Choi Hyun-mi, teen boxing champ, spurs fellow North Korean defectors to keep fighting

Choi Hyun-mi, who fled to South Korea as a girl and soon won a world boxing championship, has helped boost the morale of fellow North Korean defectors who continue to struggle in their adopted country.

Nayan Sthankiya/File
In this 2004 file photo shows champion boxer Choi Hyun-mi (left), a 14 year old North Korean female boxer.

For the thousands of North Korean defectors living in hardship around the world, champion boxer Choi Hyun-mi has become their Mohammad Ali.

The young woman who fled from North Korea has become one of South Korea’s most revered faces since winning the 2008 featherweight championship of the World Boxing Association, a title she still holds today.

Her promoters call her the “Defector Boxer Girl,” and the media have dubbed her the “Million Dollar Baby” from North Korea, a reference to the 2004 film starring Hillary Swank about a boxer who rises from penury to fame.

“She overcame all the difficulties and achieved her dreams, though she might have faced discrimination as North Korean woman,” says Kim Kyung-soo, a defector in Seoul, using an alias because he fears government reprisals against his family still in North Korea. “She motivates me to get over the difficulties in front of me.”

Taking punches

Life was not always so glorious for Ms. Choi. Her father, an affluent businessman, wanted to start a new life in the democratic South. So in 2004, she and her family made a daring trek from North Korea, moving across China, landing in Vietnam, and taking up residence as defectors in South Korea four months later. Had North Korean authorities caught her fleeing, they would have imprisoned or executed her, Choi says. Most defectors who return to North Korea are tortured and jailed, and sometimes die in prison camps.

Like other North Koreans who arrive in the highly unfamiliar South, Choi and her family faced adversity. Her father couldn’t find a job, and her mother often wept for their relatives who remained in the repressive North.

Choi, who as a child was scouted in North Korea to become a boxer in the 2008 Beijing Olympics, withdrew from social life at her Seoul high school to focus on training – and used her talent to uplift her shattered family. “I was so lonely. I don’t have many memories from that time,” she says.

But hard work quickly brought success. After joining amateur tournaments in South Korea in 2006, she won 17 fights and lost one, taking home trophies for five contests. In 2007, she went professional, and the next year she won her world title.

These days Choi is sometimes greeted in public by frantic fans, and she’s starred in reality television shows alongside famous South Korean actors and singers. “It’s so great to be the role model for defectors,” she says, giving a hearty smile. “They came so far to live a good life, so they need a reason to be cheerful.”

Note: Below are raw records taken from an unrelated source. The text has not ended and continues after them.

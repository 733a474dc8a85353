//! Environments as only a caller of the crate can make them, the numbers of small words, and laws. Facts, rows and what environments are refused
//! for is in tests/program/rows.py and tests/program/causes.py.

use super::cases::must;
use dp_model::{
    Env, EnvError, Fact, NumberRegister, Packet, PacketRegister, PoolSpec, PortSpec, RingSpec,
    Rule, accepted_programs_are_safe, accepted_programs_are_sound, budgets_are_as_they_read,
    longest_prefixes_agree, numbers_are_as_called, pipelines_keep_safe, runs_are_as_they_read,
    runs_keep_safe, turns_stay_ready, whole_runs_end_with_whole_pools, worlds_stay_well_formed,
};

// An environment with this number of tables, and two rings: of the packets of the second this is known.
fn made(tables: u8, fact: Fact) -> Result<Env, EnvError> {
    let loose = Fact::Held {
        share: 0,
        head: 0,
        tail: 0,
        first: 0,
        last: 0,
        segs: 64,
    };
    let pool = PoolSpec {
        count: 4,
        cache: 0,
        room: 2176,
    };
    let port = PortSpec {
        pool: 0,
        segs: 1,
        queue: 4,
    };
    let (whole, ring) = (
        RingSpec {
            count: 2,
            fact: loose,
        },
        RingSpec { count: 2, fact },
    );
    Env::new(&[pool], tables, &[whole, ring], &[port])
}

// Whether a copy of an environment is equal, and one with no table is not.
fn is_equal_to_its_copy(fact: Fact) -> bool {
    match (made(1, fact), made(0, fact)) {
        (Ok(env), Ok(other)) => env.copy() == env && other != env,
        _ => false,
    }
}

// A ring has to say of its packets what they are.
#[test]
fn environments(rt: HostRuntime) {
    let fact = Fact::Held {
        share: 2,
        head: 128,
        tail: 0,
        first: 0,
        last: 0,
        segs: 1,
    };
    let is_so = is_equal_to_its_copy(fact)
        && made(0, Fact::Empty).err() == Some(EnvError::BadRing(1));
    must(&rt, is_so, "environments");
}

// Whether registers, packets and rules have their numbers.
fn have_numbers() -> bool {
    PacketRegister::new(7).number() == 7
        && NumberRegister::new(3).number() == 3
        && Packet::of(70_000).number() == 70_000
        && Rule::J1.number() == 1
        && Rule::J7.number() == 7
}

#[test]
fn laws_can_be_called(rt: HostRuntime) {
    must(&rt, have_numbers(), "numbers");
    accepted_programs_are_safe::<u32>();
    accepted_programs_are_sound();
    turns_stay_ready();
    pipelines_keep_safe();
    runs_keep_safe::<u32>();
    worlds_stay_well_formed();
    longest_prefixes_agree();
    numbers_are_as_called();
    runs_are_as_they_read::<u32>();
    whole_runs_end_with_whole_pools::<u32>();
    budgets_are_as_they_read();
}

Even in South Korea, a tough life

The 20,000 or so defectors living in South Korea often struggle to adapt to life here. The government offers a two- or three-month cultural adjustment program, but in a 2006 survey, more than half of defectors said they were unemployed and felt “discriminated against.”

Prejudice against North Korean migrants has worsened in recent years as relations between the two countries have deteriorated, owing in part to nuclear tests by North Korea in 2006 and 2009, says Yoon In-jin , a sociologist at Korea University and author of “North Korean migrants.”

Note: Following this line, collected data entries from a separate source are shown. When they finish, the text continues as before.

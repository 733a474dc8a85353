//! Devices of captures that a caller writes: what they are asked for, and what comes of it. What captures are read as, and what is written of them,
//! is in tests/program/copies.py.

mod devices;
mod writing;

use super::cases;
use crate::copies::copy;
use dp_pcap::{Feed, Next, PcapError, Sink, Source, next_record};

/// The bytes of the record in `HUNDRED`.
const BODY: [u8; 60] = [
    0, 1, 2, 3, 4, 5, 6, 7, 8, 9, 10, 11, 12, 13, 14, 15, 16, 17, 18, 19, 20, 21, 22, 23, 24, 25,
    26, 27, 28, 29, 30, 31, 32, 33, 34, 35, 36, 37, 38, 39, 40, 41, 42, 43, 44, 45, 46, 47, 48, 49,
    50, 51, 52, 53, 54, 55, 56, 57, 58, 59,
];

/// A capture of 100 bytes: one record of 60 bytes at second 1, microsecond 2.
const HUNDRED: [u8; 100] = [
    212, 195, 178, 161, 2, 0, 4, 0, 0, 0, 0, 0, 0, 0, 0, 0, 0, 0, 4, 0, 1, 0, 0, 0, 1, 0, 0, 0, 2,
    0, 0, 0, 60, 0, 0, 0, 60, 0, 0, 0, 0, 1, 2, 3, 4, 5, 6, 7, 8, 9, 10, 11, 12, 13, 14, 15, 16,
    17, 18, 19, 20, 21, 22, 23, 24, 25, 26, 27, 28, 29, 30, 31, 32, 33, 34, 35, 36, 37, 38, 39, 40,
    41, 42, 43, 44, 45, 46, 47, 48, 49, 50, 51, 52, 53, 54, 55, 56, 57, 58, 59,
];

/// A capture of 146 bytes: records of 14, 0 and 60 bytes at second 0, in nanoseconds.
const THREE_RECORDS: [u8; 146] = [
    77, 60, 178, 161, 2, 0, 4, 0, 0, 0, 0, 0, 0, 0, 0, 0, 0, 0, 4, 0, 1, 0, 0, 0, 0, 0, 0, 0, 0, 0,
    0, 0, 14, 0, 0, 0, 14, 0, 0, 0, 0, 1, 2, 3, 4, 5, 6, 7, 8, 9, 10, 11, 12, 13, 0, 0, 0, 0, 0, 0,
    0, 0, 0, 0, 0, 0, 0, 0, 0, 0, 0, 0, 0, 0, 0, 0, 0, 0, 60, 0, 0, 0, 60, 0, 0, 0, 0, 1, 2, 3, 4,
    5, 6, 7, 8, 9, 10, 11, 12, 13, 14, 15, 16, 17, 18, 19, 20, 21, 22, 23, 24, 25, 26, 27, 28, 29,
    30, 31, 32, 33, 34, 35, 36, 37, 38, 39, 40, 41, 42, 43, 44, 45, 46, 47, 48, 49, 50, 51, 52, 53,
    54, 55, 56, 57, 58, 59,
];

/// The most bytes of a record, as a buffer has to hold.
const ROOM: usize = 262_144;

/// Room for a record.
type Buffer = [u8; ROOM];

// The bytes, with other values at some offsets. There are at most 146; zeros follow.
fn edited(bytes: &[u8], edits: &[(usize, u8)]) -> [u8; 146] {
    let mut all = [0; 146];
    if let Some(front) = all.get_mut(..bytes.len()) {
        front.copy_from_slice(bytes);
    }
    for (at, byte) in edits {
        if let Some(place) = all.get_mut(*at) {
            *place = *byte;
        }
    }
    all
}

// Reads the next record.
fn next<R: Feed>(r: &mut R, source: &mut Source, buf: &mut Buffer) -> Result<Next, PcapError> {
    next_record(r, source, buf.as_mut_slice())
}

// Copies a capture, with room for a record.
fn copied<R: Feed, W: Sink>(r: &mut R, w: &mut W) -> Result<Option<u64>, PcapError> {
    copy(r, w, &mut [0u8; ROOM])
}

// The constants are read by these functions alone, since each function that reads one spells it out.
fn hundred() -> &'static [u8] {
    &HUNDRED
}

fn three_records() -> &'static [u8] {
    &THREE_RECORDS
}

fn body() -> &'static [u8] {
    &BODY
}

“South Koreans have bad memories of giving generous support to North Korea,” he explains. “The deteriorating relationship [between North and South] makes many South Koreans feel less generous and tolerant, and this has made public opinion worse towards defectors.”

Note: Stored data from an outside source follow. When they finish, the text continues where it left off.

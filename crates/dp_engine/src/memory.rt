//! The region of an engine, and its layout.

ghost use Rattle.std.specs.Prelude.{◌≡◌, ◌*◌, ◌<◌, ◌≤◌, [], length, IfOk, IfErr, OnOk, IfSome, is_some, if◌then◌else◌};
ghost use Rattle.dp_engine.specs.Needs.{bytes_needed};
ghost use Rattle.dp_engine.specs.Layouts.{IsLaidOut, PartsIn, zones_in};
ghost use Rattle.dp_engine.specs.Memories.{IsOneFree, Returns, RingsIn, PoolsIn, filled};

use crate::builder::{MemoryBuilder, put_pool};
use crate::names::ListKind;
use crate::needs::{list_counts, need, power_above, ring_counts};
use dp_heap::Heap;
use dp_mbuf::MAX_POOLS;
use dp_model::Env;
use dp_pool::Pool;
use dp_region::Region;
use dp_ring::Ring;
use dp_zone::Zones;
use std::marker::Model;

/// What lies in the zones of the engine's memory: pools of mbufs, rings, and the transmit lists of ports. In each list the first slots are filled.
pub struct Parts {
    pub pools: [Option<Pool>; MAX_POOLS],
    pub rings: [Option<Ring>; 8],
    pub lists: [Option<Ring>; 8],
}

/// A heap in a region, and the table of its zones. `close` ends it.
pub struct EngineMemory {
    heap: Heap,
    zones: Zones,
}

impl Model for EngineMemory {
    ghost use Rattle.dp_heap.specs.Elements.{count_of, is_busy};
    ghost use Rattle.dp_engine.specs.Builders.{size_of};
    ghost use Rattle.dp_engine.specs.Memories.{EngineMemoryView};

    ghost Value = { EngineMemoryView };

    ghost view = { λ s. record { home = s.heap.home; size = size_of s.heap.elements; out = count_of is_busy s.heap.elements } };
}

// Lays out the memory of an engine in a region that is large enough. The spare zone, which is taken first, is as long as the last pool's queue; it is
// given back when that pool is made, so the bytes that are left always suffice.
fn lay_out(region: Region, env: &Env) -> (EngineMemory, Parts)
    requires lent { region.lent ≡ [] }
    requires room { bytes_needed env.now ≤ length region.bytes }
    ensures { IsLaidOut region.home (length region.bytes) env.now result.0 result.1 }
{
    let specs = env.pools();
    let last = specs.len() - 1;
    let lists = list_counts(env.ports());
    let rings = ring_counts(env.rings());
    let mut builder = MemoryBuilder::over(region, 4 * power_above(specs[last].count));
    let lists = builder.take_rings(ListKind::Port, lists.as_slice());
    let rings = builder.take_rings(ListKind::Ring, rings.as_slice());
    let mut pools = builder.take_pools(&specs[..last]);
    let (heap, zones, pool) = builder.finish(last, specs[last]);
    put_pool(&mut pools[last], pool);
    let parts = Parts {
        pools,
        rings,
        lists,
    };
    (EngineMemory { heap, zones }, parts)
}

impl EngineMemory {
    /// Lays out the memory of an engine in a region with nothing lent: a pool of mbufs for each pool of the environment, and an empty ring for
    /// each ring and each port, in order, all in zones of the engine's memory. Returns the region if it has fewer bytes than the engine needs.
    pub fn open(region: Region, env: &Env) -> Result<(EngineMemory, Parts), Region>
        requires { region.lent ≡ [] }
        ensures opened { IfOk result (λ s. IsLaidOut region.home (length region.bytes) env.now s.0 s.1) }
        ensures room { OnOk result (bytes_needed env.now ≤ length region.bytes) }
        ensures refused { IfErr result (λ r. (r ≡ region) × (length region.bytes < bytes_needed env.now)) }
    {
        if u64::from(region.size()) < need(env) {
            return Err(region);
        }
        Ok(lay_out(region, env))
    }

    // Gives the zone of a slot's ring back.
    fn end_ring(&mut self, slot: Option<Ring>)
        requires { IfSome slot (λ r. r.home ≡ self.old.home) }
        ensures { Returns (if is_some slot then 1 else 0) self.old self.new }
    {
        if let Some(ring) = slot {
            self.zones.give_back(&mut self.heap, ring.into_zone());
        }
    }

    // Gives the zones of a slot's pool back.
    fn end_pool(&mut self, slot: Option<Pool>)
        requires { IfSome slot (λ p. p.zones.home ≡ self.old.home) }
        ensures { Returns (2 * (if is_some slot then 1 else 0)) self.old self.new }
    {
        if let Some(pool) = slot {
            pool.unmake(&mut self.heap, &mut self.zones);
        }
    }

    // Gives the zones of rings back.
    #[tactic(auto, using(std::proofs::lemmas::Grind::common_steps))]
    fn end_rings(&mut self, rings: [Option<Ring>; 8])
        requires { RingsIn self.old.home rings }
        ensures { Returns (filled rings) self.old self.new }
    {
        let [a, b, c, d, e, f, g, h] = rings;
        self.end_ring(a);
        self.end_ring(b);
        self.end_ring(c);
        self.end_ring(d);
        self.end_ring(e);
        self.end_ring(f);
        self.end_ring(g);
        self.end_ring(h);
    }

    // Gives the zones of pools back.
    #[tactic(auto, using(std::proofs::lemmas::Grind::common_steps))]
    fn end_pools(&mut self, pools: [Option<Pool>; MAX_POOLS])
        requires { PoolsIn self.old.home pools }
        ensures { Returns (2 * filled pools) self.old self.new }
    {
        let [a, b, c, d, e, f, g, h] = pools;
        self.end_pool(a);
        self.end_pool(b);
        self.end_pool(c);
        self.end_pool(d);
        self.end_pool(e);
        self.end_pool(f);
        self.end_pool(g);
        self.end_pool(h);
    }

    /// Returns the region, given all that lies in zones of the engine's memory: nothing of it is lent, and the heap was one free element.
    pub fn close(self, parts: Parts) -> Region
        requires home { PartsIn self.home parts }
        requires all { zones_in parts ≡ self.out }
        ensures same { (result.home ≡ self.home) × (length result.bytes ≡ self.size) }
        ensures lent { result.lent ≡ [] }
        ensures heap { IsOneFree result.bytes }
    {
        let mut memory = self;
        let Parts {
            pools,
            rings,
            lists,
        } = parts;
        memory.end_pools(pools);
        memory.end_rings(rings);
        memory.end_rings(lists);
        let EngineMemory { heap, zones: _ } = memory;
        heap.close()
    }
}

After 2000, the number of North Koreans settling in the South rose rapidly in part because of a famine, creating a perception that they were putting a greater financial burden on public services.

“South Koreans started to have negative attitudes about them [defectors],” Professor Yoon continues. “They were questioning the government’s generous policy of supporting them.”

Until 2005, he says, the government gave defectors about $1,500 a month, an apartment, and job training, but under political pressure that assistance dropped to $700 a month.

Mr. Kim, who arrived in South Korea in 2007 after spending a year in Mongolia, recalls how he difficult it was to adjust to the hustle and bustle of life here. “I was so scared of what South Koreans would think of me,” he reflects. “I was afraid of telling them where I came from.”

Giving defectors a reason to cheer

For him and others, watching Choi fight offers an escape from the problems of their everyday lives.

“She’s wonderful!” says Choi Kyung-jun, a manager at North Korean Intellectuals’ Solidarity, a group of defectors in Seoul, also using a pseudonym. “She’s so young, and she’s overcome so much to reach her fame. She’s a role model for us all.”

Each year, fans say, Choi’s success seems to spread farther around the world. In April, she will fight Claudia Andrea Lopez of Argentina to defend her title for the second time, after she defeated Tsubasa Tenku of Japan last November.

Choi eventually hopes to win all five major world titles, a feat that few boxers have matched.

Choi thinks she can inspire her fans in other ways, too. The champion is prepping for a second challenge that will begin in March: studying sports science at a university in Seoul.

“I know I can’t be a boxer forever,” Choi says. “But I can always spread my enthusiasm in other ways.”